Any Brexit solution will have to be “off the shelf”

I haven’t written previously about the Prime Minister’s speech in Florence for the simple reason there was not very much in it. Sure, there were the usual grand soundings about no concrete Irish border and being friends and allies, but nothing in the way of real clarity. Indeed, the only clear thing about it was the lack of clarity – as the Prime Minister, fully fifteen months on from the referendum, continues to speak of a “bespoke” solution.

The simple fact is, even allowing for a two-year transition (sorry, “implementation”), there is no time for an outright bespoke solution. The UK needs to choose roughly where it wishes to be, and everything can be negotiated from there.

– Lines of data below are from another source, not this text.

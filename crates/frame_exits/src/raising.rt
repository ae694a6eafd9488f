//! Raises at the running call's instruction.

ghost use Rattle.std.specs.Prelude.{◌≡◌, ◌<◌, length, All, Err};
ghost use Rattle.mpy_base.specs.Val.{PlainWorld};
ghost use Rattle.frame_moves.specs.bc_ops.declared.instr.Op.TheVariants as ops;
ghost use Rattle.frame_moves.specs.bc_ops.declared.instr.Instr.TheVariants as instrs;
ghost use Rattle.frame_moves.specs.arena_heap.declared.value.Value.{Value as Item};
ghost use Rattle.frame_moves.specs.bc_machine.Library.{Plain};
ghost use Rattle.frame_moves.specs.prim_faults.Sights.{under, TellsAll, Knows, KnowsAnswer};
ghost use Rattle.frame_moves.specs.vm_frames.declared.slot.Slot.TheVariants as slots;
ghost use Rattle.frame_moves.specs.vm_frames.Calls.{OfRunning};
ghost use Rattle.frame_moves.specs.vm_frames.Views.{View};
ghost use Rattle.frame_moves.specs.vm_frames.Placed.{IsPlaced};
ghost use Rattle.frame_moves.specs.Shown.{Tables, view_of, IsTop};
ghost use Rattle.frame_moves.specs.Outcomes.{world_of, stopping_of};
ghost use Rattle.frame_exits.specs.Names.{AreTablesOf, Forgets};
ghost use Rattle.frame_exits.specs.Ends.{place_of, with_modules, state_of, StepsTo};
ghost use Rattle.frame_exits.specs.Known.{KeepsException, Keeps};
ghost use Rattle.frame_exits.specs.Thrown.{HasThrown};

use crate::ends::End;
use crate::names::ModuleName;
use crate::throwing::fail;
use arena_heap::{Arena, Constants};
use frame_moves::{Frames, Place, Slot, moves_law, raise_value, stop_at};
use prim_modules::{Fault, Modules, Stop};

/// A stop at the running call's instruction: the exception of a fault, which gets the place, is thrown through the calls, or
/// want of room ends the run. It answers how the run ends, if it does; else the calls run. It goes through each call once,
/// and through the registered modules for each import that is left.
pub fn raise<C: Constants>(
    frames: &mut Frames,
    arena: &mut Arena,
    consts: &C,
    modules: &mut Modules,
    names: &[ModuleName],
    place: Place,
    stop: Stop,
) -> Option<End>
    requires running { 0 < length frames.old.calls }
    requires named { All (λ c. c.module_number < length names.now) frames.old.calls }
    requires stop { KnowsAnswer C.Constants consts.now arena.old (Err stop) }
    requires all_told { TellsAll C.Constants consts.now arena.old }
    ensures state { (tables : Tables) (w : PlainWorld) → under C.Constants consts.now AreTablesOf names.now tables
        → All (IsPlaced (view_of tables)) frames.old.calls
        → stopping_of tables (place_of tables place) (with_modules tables w modules.old) arena.old frames.old.calls stop
        ≡ state_of tables result frames.new.calls (world_of tables (with_modules tables w modules.new) arena.new) }
    ensures thrown { HasThrown arena.new.objects frames.old frames.new result }
    ensures placed { (view : View) → All (IsPlaced view) frames.old.calls → All (IsPlaced view) frames.new.calls }
    ensures keeps { under C.Constants consts.now Keeps (length names.now) arena.old.objects arena.new.objects frames.old.calls frames.new.calls }
    ensures forgets { Forgets modules.old modules.new }
{
    let failure = stop_at(arena, consts, place, stop);
    fail(frames, consts, modules, names, failure)
}

/// RAISE_OBJ at the place: a kind is raised as a new exception, and an exception gets the place. Any other value is a fault.
/// It answers as `raise` does.
pub fn raise_obj<C: Constants>(
    frames: &mut Frames,
    arena: &mut Arena,
    consts: &C,
    modules: &mut Modules,
    names: &[ModuleName],
    place: Place,
) -> Option<End>
    requires value { (v : Item) × IsTop (slots.Value v) frames.old.calls × Knows C.Constants consts.now arena.old v }
    requires named { All (λ c. c.module_number < length names.now) frames.old.calls }
    requires all_told { TellsAll C.Constants consts.now arena.old }
    ensures steps { (tables : Tables) (w : PlainWorld) → under C.Constants consts.now AreTablesOf names.now tables
        → All (IsPlaced (view_of tables)) frames.old.calls
        → StepsTo tables (place_of tables place) (world_of tables (with_modules tables w modules.old) arena.old)
        (Plain (instrs.Plain ops.RaiseObj)) frames.old.calls
        (state_of tables result frames.new.calls (world_of tables (with_modules tables w modules.new) arena.new)) }
    ensures thrown { HasThrown arena.new.objects frames.old frames.new result }
    ensures placed { (view : View) → All (IsPlaced view) frames.old.calls → All (IsPlaced view) frames.new.calls }
    ensures keeps { under C.Constants consts.now Keeps (length names.now) arena.old.objects arena.new.objects frames.old.calls frames.new.calls }
    ensures forgets { Forgets modules.old modules.new }
{
    let Slot::Value(v) = frames.slot(0) else {
        unreachable!();
    };
    let failure = raise_value(arena, consts, place, v);
    fail(frames, consts, modules, names, failure)
}

/// RAISE_LAST at the place: the exception that is handled innermost is thrown again, with the place that it has. Where none
/// is handled, that is a fault. It answers as `raise` does.
pub fn raise_last<C: Constants>(
    frames: &mut Frames,
    arena: &mut Arena,
    consts: &C,
    modules: &mut Modules,
    names: &[ModuleName],
    place: Place,
) -> Option<End>
    requires entries { OfRunning (λ c. All (KeepsException arena.old.objects) c.entries) frames.old.calls }
    requires named { All (λ c. c.module_number < length names.now) frames.old.calls }
    requires all_told { TellsAll C.Constants consts.now arena.old }
    ensures steps { (tables : Tables) (w : PlainWorld) → under C.Constants consts.now AreTablesOf names.now tables
        → All (IsPlaced (view_of tables)) frames.old.calls
        → StepsTo tables (place_of tables place) (world_of tables (with_modules tables w modules.old) arena.old)
        (Plain (instrs.Plain ops.RaiseLast)) frames.old.calls
        (state_of tables result frames.new.calls (world_of tables (with_modules tables w modules.new) arena.new)) }
    ensures thrown { HasThrown arena.new.objects frames.old frames.new result }
    ensures placed { (view : View) → All (IsPlaced view) frames.old.calls → All (IsPlaced view) frames.new.calls }
    ensures keeps { under C.Constants consts.now Keeps (length names.now) arena.old.objects arena.new.objects frames.old.calls frames.new.calls }
    ensures forgets { Forgets modules.old modules.new }
{
    moves_law();
    match frames.last_raised() {
        Some(x) => fail(frames, consts, modules, names, Ok(x)),
        None => {
            let stop = Stop::Raises(Fault::NothingToRaise);
            raise(frames, arena, consts, modules, names, place, stop)
        }
    }
}
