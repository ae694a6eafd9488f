//! The prefixes of a dotted name: the texts that end before a dot or at the end.

ghost use Rattle.std.specs.Prelude.{◌≡◌, ◌≤◌, take, length, IfSome, ◌||◌, is_some};
ghost use Rattle.std.specs.Option.{option_map};
ghost use Rattle.mpy_base.specs.Val.{PlainWorld};
ghost use Rattle.frame_moves.specs.py_effects.Modules.{prefixes, first_of, registered_as, is_port};
ghost use Rattle.frame_moves.specs.bc_machine.Parts.{first_absent as first_absent_in};
ghost use Rattle.frame_moves.specs.prim_faults.Sights.{under};
ghost use Rattle.prim_modules.specs.Registry.{plain_modules};

use arena_heap::Constants;
use prim_modules::Modules;

/// Whether a module of this name is there without an import: it is registered, or it is `port`.
fn is_there<C: Constants>(consts: &C, modules: &Modules, name: &[u8]) -> bool
    ensures { result ≡ (is_some (registered_as (under C.Constants consts.now plain_modules modules.now) name.now) || is_port name.now) }
{
    modules.registered_as(consts, name).is_some() || name == b"port".as_slice()
}

/// How long the first prefix is that isn't there.
pub(crate) fn first_absent<C: Constants>(
    consts: &C,
    modules: &Modules,
    name: &[u8],
) -> Option<usize>
    ensures first { (w : PlainWorld)
        → option_map (λ len. take len name.now) result
        ≡ first_absent_in (record w { modules = under C.Constants consts.now plain_modules modules.now }) (prefixes name.now) }
    ensures within { IfSome result (λ len. len ≤ length name.now) }
{
    for at in 0..name.len() {
        if name[at] == b'.' && !is_there(consts, modules, &name[..at]) {
            return Some(at);
        }
    }
    if is_there(consts, modules, name) {
        None
    } else {
        Some(name.len())
    }
}

/// How long the first prefix is.
pub(crate) fn first_len(name: &[u8]) -> usize
    ensures first { take result name.now ≡ first_of (prefixes name.now) }
    ensures within { result ≤ length name.now }
{
    for at in 0..name.len() {
        if name[at] == b'.' {
            return at;
        }
    }
    name.len()
}
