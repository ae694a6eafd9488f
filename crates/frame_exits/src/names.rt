//! The names of modules.

ghost use Rattle.std.specs.Prelude.{◌≡◌, ◌<◌, Some, length, slice_get};

/// The name of a module: the number of its text, and that of the text of its last part.
#[derive(Clone, Copy, Debug, PartialEq, Eq)]
pub struct ModuleName {
    pub name: u32,
    pub last: u32,
}

/// The name of the module of this number.
pub(crate) fn name_of(names: &[ModuleName], module_number: u32) -> ModuleName
    requires { module_number < length names.now }
    ensures { slice_get names.now module_number ≡ Some result }
{
    names[module_number as usize]
}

The options are essentially:

– Canada (a free-trade deal but little else;

– Switzerland (membership of EFTA subject to the EFTA Court but not directly of the Single Market or the Customs Union);

– Norway (membership of EFTA and the EEA, and thus of the Single Market under partial ECJ jurisdiction but not the Customs Union); or

– UK transition (essentially remaining in the Single Market and forming a common Customs Union under ECJ jurisdiction, as will be necessary during the transition phase, forever).

In fact, it seems to me the Prime Minister has already selected Switzerland by default. She wants more than Canada but freedom from direct intervention by the ECJ. That leaves Switzerland.

Of course, to do Switzerland she will need to apply to join EFTA, something David Davis has indicated he does not want to do.

Oh dear…


5 thoughts on “Any Brexit solution will have to be “off the shelf”

  1. I honestly think this is the Brexit plan:
    Transition until next election
    Lose election
    Let a Labour led government deal with it.
    Blame Labour for not getting what they want
    Call them Traitors for every hardship to get back in.

  2. Harry Merrick says:

    One of the rare occasions that I actually agree with you! May is selling us a bill of goods! Nothing!! She is betraying the Brexit majority vote to leave now! Immediately! Out of the Customs Union, away from the ECJ. So far, no deal is a good deal! She should stop trying to save Hezeltine’s EU bonuses and get on with it!

  3. korhomme says:

    The mixed messages from various parts of government, and the incompetence with which the talks are being led, suggests almost that Mrs May is trying to Remain, having realised that Leave is next to impossible — and any cliff edge would be so damaging.

    Triggering Article 50 with only the vaguest of ideas on how to proceed; calling an election because there were too many rowdies in the parliamentary party making life difficult; imagining that an external EU frontier can be treated like the border between England and Scotland; and proposing a transition, in which two incompatible systems (one of them an entirely unknown entity) will be expected to work in parallel doesn’t fill me with optimism.

  4. J.H. says:

    Good post, but you have an error:

    Switzerland is not subject to the EFTA court. The EFTA court is for the EFTA-EEA members of Norway, Iceland and Liechtenstein. Hence Norway is subject to the EFTA court (not really partial ECJ jurisdiction, except it has to recognize and incorporate all ECJ case law from before the EEA agreement was signed).